The fifth Problem of the Week has now been posted. This one is probably my favorite of the term. I think it's fairly challenging. It will have to hold you for a while, though, since POTW will be taking next week off.
My trip to New York was a lot of fun. Some friends from Kentucky were visiting me this weekend, and that was fun too. But in all the chaos Sunday Chess Problem ended up taking the week off. Sorry about that! It will return next week.
Spring break has ended. It is a great sadness. But that means that POTW can now return! Life is full of tradeoffs.

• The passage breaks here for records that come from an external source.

//! How long a body is, and what a head says of the connection.
ghost use Rattle.std.specs.Prelude.{◌≡◌, codes};
ghost use Rattle.std.specs.Str.{str_eq_ignore_ascii_case};
ghost use Rattle.head_grammar.specs.FieldLines.{field_value};
ghost use Rattle.head_grammar.specs.Framings as spec;

use crate::classes::trim;
use crate::{Fields, Framing, Refusal, Version};
use byte_tables::{is_number, number_of};

// ASCII letters are compared without case.
fn is_text(value: &[u8], text: &[u8]) -> bool
    ensures { result ≡ str_eq_ignore_ascii_case value.now text.now }
{
    value.eq_ignore_ascii_case(text)
}

fn by_length(value: &[u8], max_body: u64) -> Result<Framing, Refusal>
    ensures { result ≡ spec.by_length max_body value.now }
{
    if !is_number(value) {
        return Err(Refusal::Length);
    }
    match number_of(value) {
        Some(0) if max_body > 0 => Ok(Framing::Empty),
        Some(size) if size < max_body => Ok(Framing::Fixed(size)),
        _ => Err(Refusal::BodyTooLarge(max_body)),
    }
}

fn by_coding(version: Version, coding: &[u8]) -> Result<Framing, Refusal>
    ensures { result ≡ spec.by_coding version coding.now }
{
    match version {
        Version::Old => Err(Refusal::CodingOnOld),
        Version::New if is_text(coding, b"chunked") => Ok(Framing::Chunked),
        Version::New => Err(Refusal::CodingUnknown),
    }
}

/// How the length of a body is known (RFC 9112, section 6.3). A body has fewer than `max_body`
/// bytes.
#[tactic(auto, unfolding(crate::specs::Framings::framing_of))]
pub(crate) fn framing(
    version: Version,
    fields: &Fields<'_>,
    max_body: u64,
) -> Result<Framing, Refusal>
    ensures { result ≡ spec.framing_of version fields.now max_body }
{
    if let Some(coding) = fields.value_of(b"transfer-encoding") {
        return by_coding(version, coding);
    }
    match fields.value_of(b"content-length") {
        Some(value) => by_length(value, max_body),
        None => Ok(Framing::Empty),
    }
}

/// Whether the client waits for `100 Continue` (RFC 9110, section 10.1.1).
pub(crate) fn expects(version: Version, fields: &Fields<'_>, framing: Framing) -> bool
    ensures { result ≡ spec.expects_of version fields.now framing }
{
    if version == Version::Old || framing == Framing::Empty {
        return false;
    }
    match fields.value_of(b"expect") {
        Some(value) => is_text(value, b"100-continue"),
        None => false,
    }
}

fn is_option(option: &[u8], name: &[u8]) -> bool
    ensures { result ≡ spec.is_option name.now option.now }
{
    is_text(trim(option), name)
}

fn lists_option(options: &[u8], name: &[u8]) -> bool
    ensures { result ≡ spec.lists_option name.now options.now }
{
    options
        .split(|byte| *byte == b',')
        .any(|option| is_option(option, name))
}

fn has_option(fields: &Fields<'_>, name: &[u8]) -> bool
    ensures { result ≡ spec.has_option name.now (field_value (codes "connection") fields.now) }
{
    match fields.value_of(b"connection") {
        Some(options) => lists_option(options, name),
        None => false,
    }
}

// Whether the options of the connection close it (RFC 9112, section 9.3).
fn is_asked_to_close(version: Version, fields: &Fields<'_>) -> bool
    ensures { result ≡ spec.closes_by version (field_value (codes "connection") fields.now) }
{
    match version {
        Version::New => has_option(fields, b"close"),
        Version::Old => has_option(fields, b"close") || !has_option(fields, b"keep-alive"),
    }
}

fn has_field(fields: &Fields<'_>, name: &[u8]) -> bool
    ensures { result ≡ spec.has_field name.now fields.now }
{
    fields.value_of(name).is_some()
}

fn has_both(fields: &Fields<'_>) -> bool
    ensures { result ≡ spec.has_both fields.now }
{
    has_field(fields, b"transfer-encoding") && has_field(fields, b"content-length")
}

/// Whether the connection closes behind the response (RFC 9112, sections 6.1 and 9.3).
#[tactic(auto, unfolding(crate::specs::Framings::closes_of))]
pub(crate) fn closes(version: Version, fields: &Fields<'_>) -> bool
    ensures { result ≡ spec.closes_of version fields.now }
{
    is_asked_to_close(version, fields) || has_both(fields)
}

Talk about a red herring! ;)

I think I have this one, but it did take me a while to see it. Let A, B, C and D be the verticies of the quadrilateral. Let E be the point on AB tangent to the inscribed circle. Let F, G, and H be the tangent points on BC, CD, and DA respectively. Let O be the center of the circle.

Now draw the radii OE and OH. That forms triangles OEA and OHA. These triangles are congruent because they are right triangles (tangent to a circle is perpendicular to its radius), OE=OH and the hypotenuse OA is common to both. Therefore, AE = AH. In similar fashion, it can be shown that BE=BF, CF = CG, and DG=DH.

Now, some algebra. Let AB=4, BC=9, CD=16 (in keeping with the problem statement), and let AD=x. Adding equations from the previous paragraph gives BF+CF=BE+CG, but BF+CF = BC=9, so BE+CG=9. Proceeding further, DH+9 = BE+CG+DG, but CG+DG=CD=16, so DH+9=BE+16. Continuing, AH+DH+9=AE+BE+16. AE+BE=AB=4, and AH+DH=AD=x, so x+9=16+4, which easily solves to x=11.

Sean T, you just discovered the Pitot theorem, which follows directly from the fact that two nonparallel tangent lines to the circle meet at a point equidistant from the tangent points. 11 is the right answer.

But yeah, talk about a red herring indeed! What comes next after 4, 9, 16 ...?

By Another Matt (not verified) on 02 Apr 2015 #permalink

I drew a picture, of course, and within 10 seconds, I knew by intuition that the total length of two opposite sides was equal to the total length of the other two sides. It turned out to be true after working through basically the same reasoning as the other comments, but it was strange how the idea popped into my head so quickly. I don't know if it was a long-buried memory of something I worked out in grade school, or a subconscious insight.

jrosenhouse wrote (March 23, 2015):
> […] the link to the new Problem of the Week

and there ( http://educ.jmu.edu/~rosenhjd/POTW/Spring15/POTW8S15.pdf )

> a cyclic quadrilateral […] then draw the two diagonals […] draw the incircles of the four triangles […] Those four centers from the vertices of a rectangle. It works every time!

Nice. Is it known who first proved this?

> That’s enough of that. Here’s this week’s problem:
A quadrilateral which has an inscribed circle has three consecutive sides of length 4, 9 and
16 respectively. Find the length of the fourth side.

That's a nice problem, too; especially because the described quadrilateral is not required to be plane (as long as it is understood that its four sides are all tangent to a straight cylinder which envelopes the inscribed circle).